BEGIN Supplied data
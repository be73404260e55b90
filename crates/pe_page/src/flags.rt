//! Flags by name.

ghost use Rattle.std.specs.Prelude.{◌≡◌};
ghost use Rattle.pe_text.specs.TextWriter.{IsReady};
ghost use Rattle.pe_page.specs.Page.{AddsSome};
ghost use Rattle.pe_page.specs.Rows.{permissions};

use crate::cell::blanks;
use pe_head::{FlagKind, flag_name, section_flag};
use pe_text::Part::{Hex, Name, Text};
use pe_text::{Sink, TextWriter, hex_width, write_parts};

/// The flags of a section that its columns show: its contents and permissions. The alignment is a number.
const SHOWN_BY_COLUMNS: u32 = section_flag::CODE
    | section_flag::INITIALIZED_DATA
    | section_flag::UNINITIALIZED_DATA
    | section_flag::EXECUTE
    | section_flag::READ
    | section_flag::WRITE
    | 0x00f0_0000;

/// The row of flags: the column in which they begin, the column of those that follow on further rows, and the width of the page.
#[derive(Clone, Copy)]
pub struct FlagRow {
    pub column: usize,
    pub indent: usize,
    pub width: usize,
}

/// The flags of a field that are shown by name.
fn shown_flags(kind: FlagKind, flags: u32) -> u32 {
    match kind {
        FlagKind::Section => flags & !SHOWN_BY_COLUMNS,
        FlagKind::File | FlagKind::Dll => flags,
    }
}

/// Begins a further row if `len` columns more do not fit after a column, and returns the column in which they begin.
fn write_break<W: Sink>(text: &mut TextWriter<W>, row: &FlagRow, column: usize, len: usize) -> usize
    requires { IsReady W.failures text.old }
    ensures { AddsSome W.taken W.failures text.old text.new }
{
    if column <= row.indent || column.saturating_add(len) <= row.width {
        return column;
    }
    write_parts(text, &[Text(b"\n"), Text(blanks(row.indent))]);
    row.indent
}

/// Adds a blank and the name of a flag if it has one, and returns the column after it.
fn write_flag<W: Sink>(
    text: &mut TextWriter<W>,
    row: &FlagRow,
    column: usize,
    name: Option<&'static str>,
) -> usize
    requires { IsReady W.failures text.old }
    ensures { AddsSome W.taken W.failures text.old text.new }
{
    let Some(name) = name else {
        return column;
    };
    let len = name.len().saturating_add(1);
    let column = write_break(text, row, column, len);
    write_parts(text, &[Name(Some(name.as_bytes()))]);
    column.saturating_add(len)
}

/// Adds the flags without a name, if there are any: a blank, `0x` and digits.
fn write_unnamed<W: Sink>(text: &mut TextWriter<W>, row: &FlagRow, column: usize, flags: u32)
    requires { IsReady W.failures text.old }
    ensures { AddsSome W.taken W.failures text.old text.new }
{
    if flags == 0 {
        return;
    }
    let len = usize::from(hex_width(u64::from(flags))).saturating_add(3);
    write_break(text, row, column, len);
    write_parts(text, &[Text(b" 0x"), Hex(u64::from(flags), 1)]);
}

/// Adds a blank and a name for each flag that is set, in the order of their values, and then the flags without a name. Those that
/// do not fit into the page's width are on further rows.
pub(crate) fn write_flags<W: Sink>(
    text: &mut TextWriter<W>,
    kind: FlagKind,
    flags: u32,
    row: &FlagRow,
)
    requires { IsReady W.failures text.old }
    ensures { AddsSome W.taken W.failures text.old text.new }
{
    let flags = shown_flags(kind, flags);
    let mut unnamed = 0;
    let mut column = row.column;
    for bit in 0..32_u32 {
        let flag = flags & (1 << bit);
        let name = flag_name(kind, flag);
        if name.is_none() {
            unnamed |= flag;
        }
        column = write_flag(text, row, column, name);
    }
    write_unnamed(text, row, column, unnamed);
}

/// The permissions of a section by its flags, like `r-x` ("PE Format", Section Flags).
pub fn permissions(flags: u32) -> &'static [u8]
    ensures { result.now ≡ permissions flags }
{
    let read = flags & section_flag::READ != 0;
    let write = flags & section_flag::WRITE != 0;
    let execute = flags & section_flag::EXECUTE != 0;
    match (read, write, execute) {
        (false, false, false) => b"---",
        (false, false, true) => b"--x",
        (false, true, false) => b"-w-",
        (false, true, true) => b"-wx",
        (true, false, false) => b"r--",
        (true, false, true) => b"r-x",
        (true, true, false) => b"rw-",
        (true, true, true) => b"rwx",
    }
}
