//! Names as a page shows them: of its file, and of what the file holds.

ghost use Rattle.std.specs.Prelude.{◌≡◌, ◌<◌, ◌≤◌, ◌+◌, ◌*◌, ◌&&◌, length, take, flat_map, IfSome, IfNone, Some, true, false};
ghost use Rattle.std.specs.Fmt.{WritesOnOk};
ghost use Rattle.std.specs.List.{list_all};
ghost use Rattle.std.specs.Str.{chars};
ghost use Rattle.pe_text.specs.Text.{glyph, is_printable, escaped, quoted};
ghost use Rattle.pe_text.specs.TextWriter.{IsReady, Adds};
ghost use Rattle.pe_page.specs.Name.{is_safe, is_safe_text, begins_plain, is_plain, whole_text, whole_columns, cut_mark, cut_text, name_text, section_text, section_columns};

use pe_text::{Sink, TextWriter, is_printable};
use std::fmt::{self, Display};
use std::str;

/// The most bytes of a name that are shown; compilers seldom write longer ones.
const NAME_LIMIT: usize = 4096;

/// The most bytes of a section's name that are shown.
const SECTION_LIMIT: usize = 40;

/// The most bytes of the name of an imported module that are shown; no file name is longer.
const MODULE_LIMIT: usize = 255;

/// The beginning of a name of which at most `limit` bytes are shown.
fn cut(name: &[u8], limit: usize) -> &[u8]
    ensures { result.now ≡ take limit name.now }
{
    if name.len() <= limit {
        return name;
    }
    &name[..limit]
}

/// What is shown behind a name of which at most `limit` bytes are shown: a mark if it is cut.
fn cut_mark(name: &[u8], limit: usize) -> &'static [u8]
    ensures { result.now ≡ cut_mark limit name.now }
{
    if name.len() > limit { b".." } else { b"" }
}

/// The beginning of a name that is long enough to show whether it is a section's or a module's that has to be cut.
fn beginning(name: &[u8], limit: usize) -> &[u8]
    ensures { result.now ≡ take (limit + 1) name.now }
{
    if name.len() <= limit {
        return name;
    }
    &name[..=limit]
}

/// As much of a section's name as decides how it is shown.
pub(crate) fn section_beginning(name: &[u8]) -> &[u8]
    ensures value { result.now ≡ take 41 name.now }
    ensures shown { section_text result.now ≡ section_text name.now }
{
    beginning(name, SECTION_LIMIT)
}

/// As much of a module's name as decides how it is shown.
pub fn module_beginning(name: &[u8]) -> &[u8]
    ensures value { result.now ≡ take 256 name.now }
    ensures shown { cut_text 255 result.now ≡ cut_text 255 name.now }
{
    beginning(name, MODULE_LIMIT)
}

/// Whether a character may be written to a terminal: not a control character, nor one that changes the direction of the text
/// around it.
fn is_safe(character: char) -> bool
    ensures { result ≡ is_safe character }
{
    !matches!(character,
        '\0'..='\x1f' | '\x7f'..='\u{9f}' | '\u{61c}' | '\u{200e}' | '\u{200f}' | '\u{2028}'..='\u{202e}' | '\u{2066}'..='\u{2069}' | '\u{feff}')
}

/// Whether all characters of a string may be written to a terminal.
fn are_safe(text: &str) -> bool
    ensures { result ≡ list_all is_safe (chars text.now) }
{
    text.chars().all(|character| is_safe(character))
}

/// Whether a text is UTF-8, of characters that may be written to a terminal: no control character, and none that changes the
/// direction of the text around it.
pub fn is_safe_text(text: &[u8]) -> bool
    ensures { result ≡ is_safe_text text.now }
{
    match str::from_utf8(text) {
        Ok(text) => are_safe(text),
        Err(_) => false,
    }
}

/// Whether a name is not empty and does not begin with a quote.
fn begins_plain(name: &[u8]) -> bool
    ensures { result ≡ begins_plain name.now }
{
    match name.first() {
        Some(byte) => *byte != b'"',
        None => false,
    }
}

/// Whether a name is plain and has one column per byte, as nearly all do.
fn is_bare(name: &[u8]) -> bool
    ensures { result ≡ (begins_plain name.now && list_all is_printable name.now) }
{
    begins_plain(name) && is_printable(name)
}

/// The string of a name that is shown as it is: UTF-8, of characters that may be written to a terminal, not empty, and not
/// beginning with a quote.
fn plain_text(name: &[u8]) -> Option<&str>
    ensures some { IfSome result (λ text. (text.now ≡ name.now) × (is_plain name.now ≡ true)) }
    ensures none { IfNone result (is_plain name.now ≡ false) }
{
    if !begins_plain(name) {
        return None;
    }
    let Ok(text) = str::from_utf8(name) else {
        return None;
    };
    if !are_safe(text) {
        return None;
    }
    Some(text)
}

/// Whether a name is shown as it is.
fn is_plain(name: &[u8]) -> bool
    ensures { result ≡ is_plain name.now }
{
    is_bare(name) || plain_text(name).is_some()
}

/// Adds a name: as it is if it is plain, otherwise in quotes, with `\x` and two digits for a byte that is not printable.
#[tactic(auto, unfolding(crate::specs::Name::whole_text))]
fn write_whole<W: Sink>(text: &mut TextWriter<W>, name: &[u8])
    requires { IsReady W.failures text.old }
    ensures { Adds W.taken W.failures text.old text.new (whole_text name.now) }
{
    if is_plain(name) {
        text.text(name);
    } else {
        text.quoted(name);
    }
}

/// Adds at most `limit` bytes of a name, and a mark if it is cut.
fn write_cut<W: Sink>(text: &mut TextWriter<W>, name: &[u8], limit: usize)
    requires { IsReady W.failures text.old }
    ensures { Adds W.taken W.failures text.old text.new (cut_text limit name.now) }
{
    write_whole(text, cut(name, limit));
    text.text(cut_mark(name, limit));
}

/// Adds a name, at most its first 4,096 bytes.
pub fn write_name<W: Sink>(text: &mut TextWriter<W>, name: &[u8])
    requires { IsReady W.failures text.old }
    ensures { Adds W.taken W.failures text.old text.new (name_text name.now) }
{
    write_cut(text, name, NAME_LIMIT);
}

/// Adds the name of a section, or a short word.
pub(crate) fn write_section_name<W: Sink>(text: &mut TextWriter<W>, name: &[u8])
    requires { IsReady W.failures text.old }
    ensures { Adds W.taken W.failures text.old text.new (section_text name.now) }
{
    write_cut(text, name, SECTION_LIMIT);
}

/// Adds the name of an imported module.
pub(crate) fn write_module_name<W: Sink>(text: &mut TextWriter<W>, name: &[u8])
    requires { IsReady W.failures text.old }
    ensures { Adds W.taken W.failures text.old text.new (cut_text 255 name.now) }
{
    write_cut(text, name, MODULE_LIMIT);
}

/// A hexadecimal digit, in lower case.
fn glyph(digit: u8) -> u8
    requires { digit < 16 }
    ensures { result ≡ glyph digit }
{
    if digit < 10 {
        b'0' + digit
    } else {
        b'a' - 10 + digit
    }
}

/// A byte of a name in quotes: itself, or `\x` and two digits. The second value is how many bytes this takes of the first.
#[tactic(auto, unfolding(pe_text::specs::Text::escaped, pe_text::specs::Text::hex))]
fn escaped(byte: u8) -> ([u8; 4], usize)
    ensures bound { result.1 ≤ 4 }
    ensures value { take result.1 result.0 ≡ escaped byte }
{
    if pe_text::is_plain(byte) {
        return ([byte, 0, 0, 0], 1);
    }
    ([b'\\', b'x', glyph(byte / 16 % 16), glyph(byte % 16)], 4)
}

/// Writes a byte of a name in quotes.
fn write_escaped_byte<W: fmt::Write>(f: &mut fmt::Formatter<W>, byte: u8) -> fmt::Result
    ensures { WritesOnOk W.write_str_gives f.old result (escaped byte) f.new }
{
    let (bytes, len) = escaped(byte);
    match str::from_utf8(&bytes[..len]) {
        Ok(text) => f.write_str(text),
        Err(_) => Err(fmt::Error),
    }
}

/// Writes what is in the quotes of a name.
fn write_escaped<W: fmt::Write>(f: &mut fmt::Formatter<W>, name: &[u8]) -> fmt::Result
    ensures { WritesOnOk W.write_str_gives f.old result (flat_map escaped name.now) f.new }
{
    for byte in name {
        write_escaped_byte(f, *byte)?;
    }
    Ok(())
}

/// Writes a name in quotes.
#[tactic(auto, unfolding(pe_text::specs::Text::quoted))]
fn write_quoted<W: fmt::Write>(f: &mut fmt::Formatter<W>, name: &[u8]) -> fmt::Result
    ensures { WritesOnOk W.write_str_gives f.old result (quoted name.now) f.new }
{
    f.write_str("\"")?;
    write_escaped(f, name)?;
    f.write_str("\"")
}

/// Writes the beginning of a name as it is if it is plain, otherwise in quotes.
fn show_beginning<W: fmt::Write>(f: &mut fmt::Formatter<W>, name: &[u8]) -> fmt::Result
    ensures { WritesOnOk W.write_str_gives f.old result (whole_text (take 4096 name.now)) f.new }
{
    let name = cut(name, NAME_LIMIT);
    match plain_text(name) {
        Some(text) => f.write_str(text),
        None => write_quoted(f, name),
    }
}

/// Writes the mark of a name that is cut.
fn show_mark<W: fmt::Write>(f: &mut fmt::Formatter<W>, name: &[u8]) -> fmt::Result
    ensures { WritesOnOk W.write_str_gives f.old result (cut_mark 4096 name.now) f.new }
{
    f.write_str(if name.len() > NAME_LIMIT { ".." } else { "" })
}

/// A name, which is displayed as a page shows it: at most its first 4,096 bytes, with `..` behind them if there are more; as they
/// are if they are UTF-8 that may be written to a terminal, not empty, and do not begin with a quote; otherwise in quotes, with `\x`
/// and two digits for each byte that is not printable ASCII, a quote or a backslash.
#[derive(Clone, Copy)]
pub struct ShownName<'a>(pub &'a [u8]);

impl Display for ShownName<'_> {
    ghost output = { λ shown. Some (name_text shown.0.now) };

    #[tactic(auto, unfolding(crate::specs::Name::name_text))]
    fn fmt<W: fmt::Write>(&self, f: &mut fmt::Formatter<W>) -> fmt::Result {
        show_beginning(f, self.0)?;
        show_mark(f, self.0)
    }
}

/// How many columns a byte takes in quotes.
fn escaped_width(byte: u8) -> usize
    ensures value { result ≡ length (escaped byte) }
    ensures bound { result ≤ 4 }
{
    if pe_text::is_plain(byte) { 1 } else { 4 }
}

/// How many columns a name takes in quotes.
fn quoted_width(name: &[u8]) -> usize
    requires { length name.now ≤ 255 }
    ensures value { result ≡ length (quoted name.now) }
    ensures bound { result ≤ 2 + 4 * length name.now }
{
    let mut width: usize = 2;
    for byte in name {
        width += escaped_width(*byte);
    }
    width
}

/// How many columns a string takes, one per character.
fn text_width(text: &str) -> usize
    ensures { result ≡ length (chars text.now) }
{
    text.chars().count()
}

/// How many columns a name takes.
fn whole_width(name: &[u8]) -> usize
    requires { length name.now ≤ 255 }
    ensures value { result ≡ whole_columns name.now }
    ensures bound { result ≤ 2 + 4 * 255 }
{
    if is_bare(name) {
        return name.len();
    }
    match plain_text(name) {
        Some(text) => text_width(text),
        None => quoted_width(name),
    }
}

/// How many columns the name of a section takes, or a short word.
pub fn section_width(name: &[u8]) -> usize
    ensures value { result ≡ section_columns name.now }
    ensures bound { result ≤ 4 + 4 * 255 }
{
    whole_width(cut(name, SECTION_LIMIT)) + cut_mark(name, SECTION_LIMIT).len()
}

/// How many columns the name of an imported module takes.
pub fn module_width(name: &[u8]) -> usize
    ensures { result ≤ 4 + 4 * 255 }
{
    whole_width(cut(name, MODULE_LIMIT)) + cut_mark(name, MODULE_LIMIT).len()
}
END Supplied data
→ Required action:
Considering the records above, count the lines where the string "FlagKind" occurs and return that number alone.

→ Response to the task:
5